WHAT THE TASK REQUIRES: Which lines below contain the word "their"? Copy each of them.

__________

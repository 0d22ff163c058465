//! Several exports. They are counted from 0, as in the line of the answer.

/// The number of the export; what is said of it follows.
pub(crate) const PART: &str = "Part {0}:";

pub(crate) const PART_AS_CLAIMED: &str = "  Its header and its samples are as claimed.";

pub(crate) const PART_COMPARED: &str =
    "  Its header isn't as claimed. Its samples were compared all the same, of each claimed channel that the original has, too.";

pub(crate) const PART_WITHOUT_CHANNELS: &str =
    "  It has no claimed channel that the original has, too, so none of its samples was compared.";

pub(crate) const PART_EARLY: &str =
    "  It begins before the part in front of it ends, so it isn't known which of the two has the samples there. Its samples weren't compared, nor those of the parts behind it, nor annotations, and no names were looked for: put the parts in the order of time, or make them so that none overlaps the next. If one of them was moved by another time than the others, or not at all, it may seem to overlap them, and its date may be the true one: compare where the parts start before anything goes out.";

pub(crate) const PART_NOT_COMPARED: &str = "  Its samples weren't compared.";

/// When a part starts, by how much earlier, and where the first sample of its channels belongs that is kept behind the part in front of it.
pub(crate) const STARTS_EARLIER: &str =
    "Its first samples are at {0}, {1} earlier than the first one of its channels that the claim keeps behind the part in front of it, which belongs at {2}.";

pub(crate) const STARTS_LATER: &str =
    "Its first samples are at {0}, {1} later than the first one of its channels that the claim keeps behind the part in front of it, which belongs at {2}.";

pub(crate) const NOTES_OF_ALL: &str = "The annotations of all parts together:";

/// The number of the part, and how many annotations.
pub(crate) const NOTE_THEN: &str = "    Part {0} has 1 annotation that begins at this time.";

pub(crate) const NOTES_THEN: &str = "    Part {0} has {1} annotations that begin at this time.";

/// The number of the part.
pub(crate) const NOTE_WITHIN: &str =
    "    This time lies between the begin and the end of part {0}.";

/// How many annotations.
pub(crate) const ALL_IN_EACH: &str =
    "Each part has {0} annotations, as many as the claim keeps in all: it looks as if each of them had all annotations. All parts together are to have each annotation as often as the claim keeps it.";

pub(crate) const NOTES_ADVICE_OF_PARTS: &str =
    "Run edfclaim notes on each file to see all annotations. In a claim, remove and remove-prefix leave annotations out by their texts, and blank makes their texts X.";

pub(crate) const NOTES_ALL_OF_PARTS: &str =
    "Run edfclaim notes on each file to see all annotations.";

pub(crate) const NOTES_OF_ALL_AS_CLAIMED: &str =
    "The annotations of all parts together were compared all the same. They are as claimed.";
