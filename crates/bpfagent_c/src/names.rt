//! Names of states, stops, places and reasons, by their numbers.
ghost use Rattle.std.specs.Prelude.{◌≡◌, ◌≢◌, length, IfSome, IfNone, None, Some};
ghost use Rattle.asm_grammar.specs.Reasons.{why_name as wrong_name, why_number as wrong_number};
ghost use Rattle.asm_grammar.specs.declared.why.Why.{Why as WrongText};
ghost use Rattle.bpf_codec.specs.declared.fault.Fault.{Fault};
ghost use Rattle.bpf_codec.specs.Faults.{fault_number};
ghost use Rattle.console.specs.Replies.{place_name, state_name};
ghost use Rattle.debugger.specs.declared.shown.State.{State};
ghost use Rattle.loader.specs.Refusals.{why_name, why_number};
ghost use Rattle.loader.specs.declared.loading.Why.{Why};
ghost use Rattle.machine.specs.declared.state.Stop.{Stop};
ghost use Rattle.placement.specs.declared.places.Place.{Place};
ghost use Rattle.bpfagent_c.specs.Codes.{code_of_state, place_numbered, stop_of_state};
ghost use Rattle.bpfagent_c.specs.Shown.{over};

use crate::codes::{place_numbered, state_numbered};
use crate::numbers::{
    BAD, OK, WRONG_LABEL, WRONG_OPERAND, WRONG_RANGE, WRONG_TOO_LONG, WRONG_TWICE_LABEL, WRONG_WORD,
};
use crate::shown::write_bytes;
use asm_grammar::Why as WrongText;
use bpf_codec::Fault;
use console::{name_of_place, name_of_state};
use loader::Why;

/// The number of a reason that the header doesn't name, since where memory ran out no line is told.
const WRONG_MEMORY: u32 = 7;

/// Writes a name: as many bytes as there is room for, and how many it has.
fn tell_name(name: &[u8], text: &mut [u8], count: &mut usize) -> u32
    ensures number { result ≡ OK }
    ensures text { text.new ≡ over name.now text.old }
    ensures count { count.new ≡ length name.now }
{
    write_bytes(text, name);
    *count = name.len();
    OK
}

/// The name of a machine's state, as `regs` shows it: that of its stop if it is stopped.
#[unsafe(no_mangle)]
pub extern "C" fn bpfagent_state_name(
    state: u32,
    stop: u32,
    text: &mut [u8],
    count: &mut usize,
) -> u32
    ensures known { result ≡ OK → (found : State) × (code_of_state found ≡ state) × (stop_of_state found ≡ stop)
        × (text.new ≡ over (state_name found) text.old) × (count.new ≡ length (state_name found)) }
    ensures unknown { result ≢ OK → (result ≡ BAD) × ((one : State) → code_of_state one ≡ state → stop_of_state one ≢ stop)
        × (text.new ≡ text.old) × (count.new ≡ count.old) }
{
    match state_numbered(state, stop) {
        Some(found) => tell_name(name_of_state(found), text, count),
        None => BAD,
    }
}

/// The name of a place.
#[unsafe(no_mangle)]
pub extern "C" fn bpfagent_place_name(place: u32, text: &mut [u8], count: &mut usize) -> u32
    ensures known { result ≡ OK → (found : Place) × (place_numbered place ≡ Some found)
        × (text.new ≡ over (place_name found) text.old) × (count.new ≡ length (place_name found)) }
    ensures unknown { result ≢ OK → (result ≡ BAD) × (place_numbered place ≡ None) × (text.new ≡ text.old) × (count.new ≡ count.old) }
{
    match place_numbered(place) {
        Some(found) => tell_name(name_of_place(found), text, count),
        None => BAD,
    }
}

/// The fault of the decoder of a number.
fn fault_numbered(number: u32) -> Option<Fault>
    ensures some { IfSome result (λ fault. fault_number fault ≡ number) }
    ensures none { IfNone result ((fault : Fault) → fault_number fault ≢ number) }
{
    match number {
        1 => Some(Fault::Opcode),
        2 => Some(Fault::Register),
        3 => Some(Fault::Field),
        4 => Some(Fault::HalfWide),
        5 => Some(Fault::Packet),
        6 => Some(Fault::Platform),
        7 => Some(Fault::Short),
        _ => None,
    }
}

/// The reason of a number.
fn why_numbered(number: u32) -> Option<Why>
    ensures some { IfSome result (λ why. why_number why ≡ number) }
    ensures none { IfNone result ((why : Why) → why_number why ≢ number) }
{
    match number {
        8 => Some(Why::Empty),
        9 => Some(Why::TooLong),
        10 => Some(Why::JumpOut),
        11 => Some(Why::JumpInside),
        12 => Some(Why::WritesR10),
        13 => Some(Why::Helper),
        14 => Some(Why::FallsOff),
        15 => Some(Why::Memory),
        _ => match fault_numbered(number) {
            Some(fault) => Some(Why::Decoder(fault)),
            None => None,
        },
    }
}

/// The name of the reason for which code is refused.
#[unsafe(no_mangle)]
pub extern "C" fn bpfagent_reason_name(reason: u32, text: &mut [u8], count: &mut usize) -> u32
    ensures known { result ≡ OK → (found : Why) × (why_number found ≡ reason)
        × (text.new ≡ over (why_name found) text.old) × (count.new ≡ length (why_name found)) }
    ensures unknown { result ≢ OK → (result ≡ BAD) × ((one : Why) → why_number one ≢ reason) × (text.new ≡ text.old) × (count.new ≡ count.old) }
{
    match why_numbered(reason) {
        Some(found) => tell_name(found.name(), text, count),
        None => BAD,
    }
}

/// The reason of a number for which a text is refused.
fn wrong_numbered(number: u32) -> Option<WrongText>
    ensures some { IfSome result (λ wrong. wrong_number wrong ≡ number) }
    ensures none { IfNone result ((wrong : WrongText) → wrong_number wrong ≢ number) }
{
    match number {
        WRONG_WORD => Some(WrongText::Word),
        WRONG_OPERAND => Some(WrongText::Operand),
        WRONG_RANGE => Some(WrongText::Range),
        WRONG_LABEL => Some(WrongText::Label),
        WRONG_TWICE_LABEL => Some(WrongText::TwiceLabel),
        WRONG_TOO_LONG => Some(WrongText::TooLong),
        WRONG_MEMORY => Some(WrongText::Memory),
        _ => None,
    }
}

/// The name of the reason for which a text is refused.
#[unsafe(no_mangle)]
pub extern "C" fn bpfagent_wrong_name(wrong: u32, text: &mut [u8], count: &mut usize) -> u32
    ensures known { result ≡ OK → (found : WrongText) × (wrong_number found ≡ wrong)
        × (text.new ≡ over (wrong_name found) text.old) × (count.new ≡ length (wrong_name found)) }
    ensures unknown { result ≢ OK → (result ≡ BAD) × ((one : WrongText) → wrong_number one ≢ wrong) × (text.new ≡ text.old) × (count.new ≡ count.old) }
{
    match wrong_numbered(wrong) {
        Some(found) => tell_name(found.name().as_bytes(), text, count),
        None => BAD,
    }
}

__________

EXERCISE RESPONSE:
    "Run edfclaim notes on each file to see all annotations. In a claim, remove and remove-prefix leave annotations out by their texts, and blank makes their texts X.";
//! Names of states, stops, places and reasons, by their numbers.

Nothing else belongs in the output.